_WORK REQUIRED_.
Each line of the records that includes "false" should be found and copied.

(Stored data)
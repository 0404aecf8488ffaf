//! A script's lines are planned, with gates for late creations.
ghost use Rattle.std.specs.Prelude.{◌≡◌, ◌≤◌, ◌++◌, ◌∷◌, [], count_by, if◌then◌else◌, length, map, true, IfOk, OnOk};
ghost use Rattle.std.specs.List.{list_any};
ghost use Rattle.nt_lanes.specs.Lanes.{asked};
ghost use Rattle.nt_machine.specs.Dispatcher.{state};
ghost use Rattle.nt_plans.specs.Gates.{ClosesIf, Gives, MakesOne, MakesUnnamed, all_made, asks_last, goes_last, is_late, is_named, is_race, made_by, makes, names, none_planned, planned_all, planned_on, race_of, unnamed_of, with_made, with_opened};
ghost use Rattle.nt_plans.specs.Kept.{does_of, gates_of, item_of, planned_of};
ghost use Rattle.nt_plans.specs.Lines.{AreGates};

use crate::items::{Does, Item, copy_of};
use crate::laying::{Laid, Made, with_claims};
use crate::line::Line;
use nt_calls::{Act, Call};
use nt_core::Core;
use nt_grammar::handle_of;
use nt_lanes::Ask;
use nt_status::{EventFlags, Handle, MAX_HANDLES};
use std::alloc::{AllocError, Global};

/// What is planned so far, and the late creations above.
#[derive(Drop)]
pub struct Planned {
    pub laid: Laid,
    pub above: Vec<Made>,
}

/// The gates and claims, by late creation.
#[derive(Drop)]
pub struct Gates {
    pub gates: Vec<Handle>,
    pub claims: Vec<Handle>,
}

/// Makes what the act gives.
fn give(core: &mut Core, act: Act) -> Result<Handle, AllocError>
    ensures { IfOk result (λ handle. Gives (state core.old) act handle (state core.new)) }
{
    let answer = core.call(0, &Call::Act(act));
    match handle_of(&answer) {
        Some(handle) => Ok(handle),
        None => Err(AllocError),
    }
}

/// Makes a gate or a claim.
fn make_one(core: &mut Core) -> Result<Handle, AllocError>
    ensures { IfOk result (λ event. MakesOne (state core.old) event (state core.new)) }
{
    give(core, Act::create_event(EventFlags::MANUAL_RESET))
}

/// Whether one of these lines names the handle.
fn one_names(items: &[Item], handle: Handle) -> bool
    ensures { result ≡ list_any (λ item. names (does_of item.does) handle) items.now }
{
    items.iter().any(|item| item.does.names(handle))
}

/// The same, as the script's lines are defined.
#[tactic(auto, using(crate::proofs::Lines::named_if_any))]
fn is_named(items: &[Item], handle: Handle) -> bool
    ensures { result ≡ is_named (map item_of items.now) handle }
{
    one_names(items, handle)
}

/// Closes the event.
fn close(core: &mut Core, event: Handle) -> Result<(), AllocError>
    ensures { OnOk result (ClosesIf true (state core.old) event (state core.new)) }
{
    match core.call(0, &Call::Act(Act::Close(event))) {
        Ok(_) => Ok(()),
        Err(_) => Err(AllocError),
    }
}

/// Keeps the event, unless a line names it: then it is closed.
fn keep_unnamed(
    core: &mut Core,
    unnamed: &mut Vec<Handle>,
    items: &[Item],
    event: Handle,
) -> Result<(), AllocError>
    ensures closes { OnOk result (ClosesIf (is_named (map item_of items.now) event) (state core.old) event (state core.new)) }
    ensures unnamed { OnOk result (unnamed.new.items ≡ unnamed.old.items ++ unnamed_of (map item_of items.now) (event ∷ [])) }
{
    if is_named(items, event) {
        return close(core, event);
    }
    unnamed.push(event)?;
    Ok(())
}

/// Makes `count` of these that none of the lines names.
#[tactic(auto, using(crate::proofs::Lines::unnamed_none, crate::proofs::Lines::unnamed_more))]
fn make_unnamed(
    core: &mut Core,
    alloc: Global,
    items: &[Item],
    count: usize,
) -> Result<Vec<Handle>, AllocError>
    ensures made { IfOk result (λ unnamed. MakesUnnamed (map item_of items.now)
        (state core.old) unnamed.items (state core.new)) }
    ensures count { IfOk result (λ unnamed. length unnamed.items ≡ count) }
{
    let mut unnamed = Vec::new(alloc);
    for _ in 0..MAX_HANDLES {
        if unnamed.len() == count {
            return Ok(unnamed);
        }
        let event = make_one(core)?;
        keep_unnamed(core, &mut unnamed, items, event)?;
    }
    Err(AllocError)
}

/// Makes a gate and a claim for each late creation among these lines.
#[tactic(auto, using(crate::proofs::Lines::are_gates))]
pub fn make_gates(core: &mut Core, alloc: Global, items: &[Item]) -> Result<Gates, AllocError>
    ensures { IfOk result (λ made. AreGates (state core.old) (map item_of items.now) (gates_of made) (state core.new)) }
{
    let count = count_late(items);
    let gates = make_unnamed(core, alloc, items, count)?;
    let claims = make_unnamed(core, alloc, items, count)?;
    Ok(Gates { gates, claims })
}

/// 1 where the line makes something, else 0.
fn makings(does: &Does) -> usize
    ensures makes { result ≡ (if makes (does_of does.now) then 1 else 0) }
    ensures one { result ≤ 1 }
{
    match does {
        Does::Asks(_) => 0,
        Does::Makes { .. } => 1,
    }
}

/// How many late creations there are.
fn count_late(items: &[Item]) -> usize
    ensures { result ≡ count_by is_late (map item_of items.now) }
{
    let mut count = 0;
    for item in items {
        count += makings(&item.does);
    }
    count
}

/// The line of a call or tick, in memory of its own.
fn line_of(line: &Line) -> Result<Line, AllocError>
    ensures { IfOk result (λ copied. copied.bytes.items ≡ line.now.bytes.items) }
{
    Ok(Line {
        number: line.number,
        text: line.text.clone()?,
        bytes: line.bytes.clone()?,
    })
}

/// The late creation on this line, with the gate and the claim after those of the ones above it.
fn made_by(
    gates: &Gates,
    above: &[Made],
    item: &Item,
    handle: Handle,
    source: Option<Handle>,
) -> Result<Made, AllocError>
    ensures { IfOk result (λ made. made ≡ made_by (gates_of gates.now) above.now (item_of item.now) handle source) }
{
    let place = above.len();
    let (Some(gate), Some(claim)) = (gates.gates.get(place), gates.claims.get(place)) else {
        return Err(AllocError);
    };
    Ok(Made {
        number: item.line.number,
        who: item.lane,
        handle,
        source,
        gate: *gate,
        claim: *claim,
    })
}

/// Adds the late creation on this line, if it is one.
fn add_made(above: &mut Vec<Made>, gates: &Gates, item: &Item) -> Result<(), AllocError>
    ensures { OnOk result (above.new.items ≡ with_made (gates_of gates.now) above.old.items (item_of item.now) (does_of item.now.does)) }
{
    if let Does::Makes { handle, source } = item.does {
        let made = made_by(gates, above, item, handle, source)?;
        above.push(made)?;
    }
    Ok(())
}

/// The late creations on these lines.
fn all_made(alloc: Global, gates: &Gates, items: &[Item]) -> Result<Vec<Made>, AllocError>
    ensures { IfOk result (λ all. all.items ≡ all_made (gates_of gates.now) (map item_of items.now)) }
{
    let mut all = Vec::new(alloc);
    for item in items {
        add_made(&mut all, gates, item)?;
    }
    Ok(all)
}

impl Planned {
    /// The late creation on this line goes.
    fn make(
        &mut self,
        alloc: Global,
        gates: &Gates,
        item: &Item,
        handle: Handle,
        source: Option<Handle>,
    ) -> Result<(), AllocError>
        ensures { OnOk result (planned_of self.new
            ≡ with_opened (planned_of self.old) (made_by (gates_of gates.now) (planned_of self.old).above (item_of item.now) handle source)) }
    {
        let made = made_by(gates, &self.above, item, handle, source)?;
        self.laid.open(alloc, &item.line, &made)?;
        self.above.push(made)?;
        Ok(())
    }

    /// The call or tick on this line goes, and in the same step the claims are closed that it closes. All late creations are these.
    fn ask(&mut self, alloc: Global, all: &[Made], item: &Item, ask: &Ask) -> Result<(), AllocError>
        ensures { OnOk result (planned_of self.new
            ≡ asks_last all.now (planned_of self.old) (item_of item.now) (asked ask.now)) }
    {
        let claims = self.laid.claims(alloc, all, &self.above, item)?;
        let ask = with_claims(alloc, copy_of(ask)?, &claims)?;
        self.laid.push(item.lane, ask, line_of(&item.line)?)
    }

    /// The line goes.
    fn go(
        &mut self,
        alloc: Global,
        gates: &Gates,
        all: &[Made],
        item: &Item,
    ) -> Result<(), AllocError>
        ensures { OnOk result (planned_of self.new
            ≡ goes_last (gates_of gates.now) all.now (planned_of self.old) (item_of item.now) (does_of item.now.does)) }
    {
        match &item.does {
            Does::Asks(ask) => self.ask(alloc, all, item, ask),
            Does::Makes { handle, source } => self.make(alloc, gates, item, *handle, *source),
        }
    }

    /// The line goes once it waited for what it has to. All late creations are these.
    fn add(
        &mut self,
        alloc: Global,
        threads: u32,
        gates: &Gates,
        all: &[Made],
        item: &Item,
    ) -> Result<(), AllocError>
        ensures { OnOk result (planned_of self.new
            ≡ planned_on threads (gates_of gates.now) all.now (planned_of self.old) (item_of item.now)) }
    {
        self.laid.begin_for_all(alloc, threads, &self.above, item)?;
        self.go(alloc, gates, all, item)
    }
}

/// Nothing is planned yet.
fn none_planned(alloc: Global, threads: u32) -> Result<Planned, AllocError>
    ensures { IfOk result (λ planned. planned_of planned ≡ none_planned threads) }
{
    Ok(Planned {
        laid: Laid::new(alloc, threads)?,
        above: Vec::new(alloc),
    })
}

/// Plans these lines of so many threads.
pub fn plan_all(
    alloc: Global,
    threads: u32,
    gates: &Gates,
    items: &[Item],
) -> Result<Planned, AllocError>
    ensures { IfOk result (λ planned. planned_of planned ≡ planned_all threads (gates_of gates.now) (map item_of items.now)) }
{
    let all = all_made(alloc, gates, items)?;
    let mut planned = none_planned(alloc, threads)?;
    for item in items {
        planned.add(alloc, threads, gates, &all, item)?;
    }
    Ok(planned)
}

/// Whether the line gives a number that one of these lines above it names.
fn is_race(above: &[Item], does: &Does) -> bool
    ensures { result ≡ is_race (map item_of above.now) (does_of does.now) }
{
    match does {
        Does::Asks(_) => false,
        Does::Makes { handle, .. } => is_named(above, *handle),
    }
}

/// The number of the first line that gives a number which a line above it names.
pub fn race_of(items: &[Item]) -> Option<u64>
    ensures { result ≡ race_of (map item_of items.now) }
{
    for place in 0..items.len() {
        let item = &items[place];
        if is_race(&items[..place], &item.does) {
            return Some(item.line.number);
        }
    }
    None
}
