//! What the lines of a script are, and those that go when their lanes do.
ghost use Rattle.std.specs.Prelude.{◌≡◌, ◌==◌, IfOk, Some};
ghost use Rattle.std.specs.List.{list_any};
ghost use Rattle.nt_lanes.specs.Lanes.{asked};
ghost use Rattle.nt_plans.specs.Gates.{closed_by, closes, is_among, is_handle, names};
ghost use Rattle.nt_plans.specs.Kept.{Finds, IsFoundOf, does_of, ended_of};
ghost use Rattle.nt_plans.specs.Lines.{is_refused, source_of};
ghost use Rattle.nt_script.specs.Progress.{progress};

use crate::line::Line;
use nt_calls::{Act, Call};
use nt_grammar::{LineFault, ScriptFault, Statement};
use nt_lanes::Ask;
use nt_lines::MAX_LINE;
use nt_script::Session;
use nt_status::Handle;
use std::alloc::{AllocError, Global};

/// Whose creation a line is, and what it makes another handle of.
#[derive(Clone, Copy)]
pub struct Creation {
    pub who: u32,
    pub source: Option<Handle>,
}

/// What ended on the lines above: the handles that they close, and the threads that exit there.
#[derive(Drop)]
pub struct Ended {
    pub closed: Vec<Handle>,
    pub exited: Vec<u32>,
}

/// What a line does when its lane goes.
#[derive(Drop)]
pub enum Does {
    Asks(Ask),
    /// It is a late creation, which gave this handle, another one of that handle.
    Makes {
        handle: Handle,
        source: Option<Handle>,
    },
}

/// A line that goes when its lane does.
#[derive(Drop)]
pub struct Item {
    pub lane: u32,
    pub line: Line,
    pub does: Does,
}

/// The same, in memory of its own.
pub(crate) fn copy_of(ask: &Ask) -> Result<Ask, AllocError>
    ensures { IfOk result (λ copied. asked copied ≡ asked ask.now) }
{
    match ask {
        Ask::Call(call) => Ok(Ask::Call(call.clone()?)),
        Ask::Tick(moment) => Ok(Ask::Tick(*moment)),
        Ask::Tries(acts) => Ok(Ask::Tries(acts.clone()?)),
    }
}

/// Whether the handle is this one.
pub(crate) fn is_handle(handle: Handle, sought: Option<Handle>) -> bool
    ensures { result ≡ is_handle handle sought }
{
    match sought {
        Some(it) => it == handle,
        None => false,
    }
}

/// The handle that is closed so.
pub fn closed_by(ask: &Ask) -> Option<Handle>
    ensures { result ≡ closed_by (asked ask.now) }
{
    match ask {
        Ask::Call(Call::Act(Act::Close(handle))) => Some(*handle),
        _ => None,
    }
}

/// Whether the handle is one of these.
pub(crate) fn is_one_of(handles: &[Handle], handle: Handle) -> bool
    ensures { result ≡ is_among handles.now (Some handle) }
{
    handles.iter().any(|it| *it == handle)
}

/// Whether the handle, if there is one, is one of these.
pub(crate) fn is_among(handles: &[Handle], sought: Option<Handle>) -> bool
    ensures { result ≡ is_among handles.now sought }
{
    match sought {
        Some(handle) => is_one_of(handles, handle),
        None => false,
    }
}

impl Does {
    /// Whether the line closes this handle, if it is one.
    pub(crate) fn closes(&self, sought: Option<Handle>) -> bool
        ensures { result ≡ closes (does_of self.now) sought }
    {
        match (self, sought) {
            (Does::Asks(ask), Some(handle)) => is_handle(handle, closed_by(ask)),
            _ => false,
        }
    }

    /// Whether the line names this handle.
    pub(crate) fn names(&self, handle: Handle) -> bool
        ensures { result ≡ names (does_of self.now) handle }
    {
        match self {
            Does::Asks(ask) => ask.names(handle),
            Does::Makes { source, .. } => is_handle(handle, *source),
        }
    }
}

/// Why a line can't be read.
#[derive(Clone, Copy)]
pub enum LaneFault {
    Line(LineFault),
    NoThread,
}

/// What a line is.
#[derive(Drop)]
pub enum Found {
    /// It is carried out before all calls, and may be a creation.
    Start(Option<Creation>),
    /// It is left out, since it does nothing in any order.
    Nothing,
    /// It asks this of the lane with this number.
    Asks(u32, Ask),
}

/// The handle that the act makes another one of.
fn source_of(act: Act) -> Option<Handle>
    ensures { result ≡ source_of act }
{
    match act {
        Act::Duplicate { handle, .. } => Some(handle),
        _ => None,
    }
}

impl Ended {
    /// Whether the thread has exited.
    fn has_exited(&self, thread: u32) -> bool
        ensures { result ≡ is_among self.now.exited.items (Some thread) }
    {
        self.exited.iter().any(|it| *it == thread)
    }

    /// Whether the creation is refused in each order.
    fn refuses(&self, creation: &Creation) -> bool
        ensures { result ≡ is_refused (ended_of self.now) creation.now.who creation.now.source }
    {
        self.has_exited(creation.who) || is_among(&self.closed, creation.source)
    }
}

/// What a statement is, after lines that end this.
fn found_of(statement: Statement, threads: u32, ended: &Ended) -> Result<Found, LaneFault>
    ensures { IsFoundOf threads (ended_of ended.now) statement result }
{
    match statement {
        Statement::Blank => Ok(Found::Start(None)),
        Statement::Create {
            who,
            name: _name,
            act,
        } => {
            let creation = Creation {
                who,
                source: source_of(act),
            };
            if ended.refuses(&creation) {
                Ok(Found::Nothing)
            } else {
                Ok(Found::Start(Some(creation)))
            }
        }
        Statement::Perform { who, call } => {
            if who >= threads {
                Err(LaneFault::NoThread)
            } else if ended.has_exited(who) {
                Ok(Found::Nothing)
            } else {
                Ok(Found::Asks(who, Ask::Call(call)))
            }
        }
        Statement::Tick { moment } => Ok(Found::Asks(threads, Ask::Tick(moment))),
    }
}

/// What a line after the `threads` line is, after lines that end this.
pub fn find_in(
    session: &Session,
    alloc: Global,
    ended: &Ended,
    line: &[u8],
) -> Result<Found, LaneFault>
    ensures { Finds (Some (progress session.now)) (ended_of ended.now) line.now result }
{
    if line.len() > MAX_LINE {
        return Err(LaneFault::Line(LineFault::Script(ScriptFault::LineTooLong)));
    }
    match session.read(alloc, line) {
        Ok(statement) => found_of(statement, session.core().threads(), ended),
        Err(fault) => Err(LaneFault::Line(fault)),
    }
}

_OUTPUT BELOW_.
        Does::Asks(_) => false,
        None => false,
        None => false,
            _ => false,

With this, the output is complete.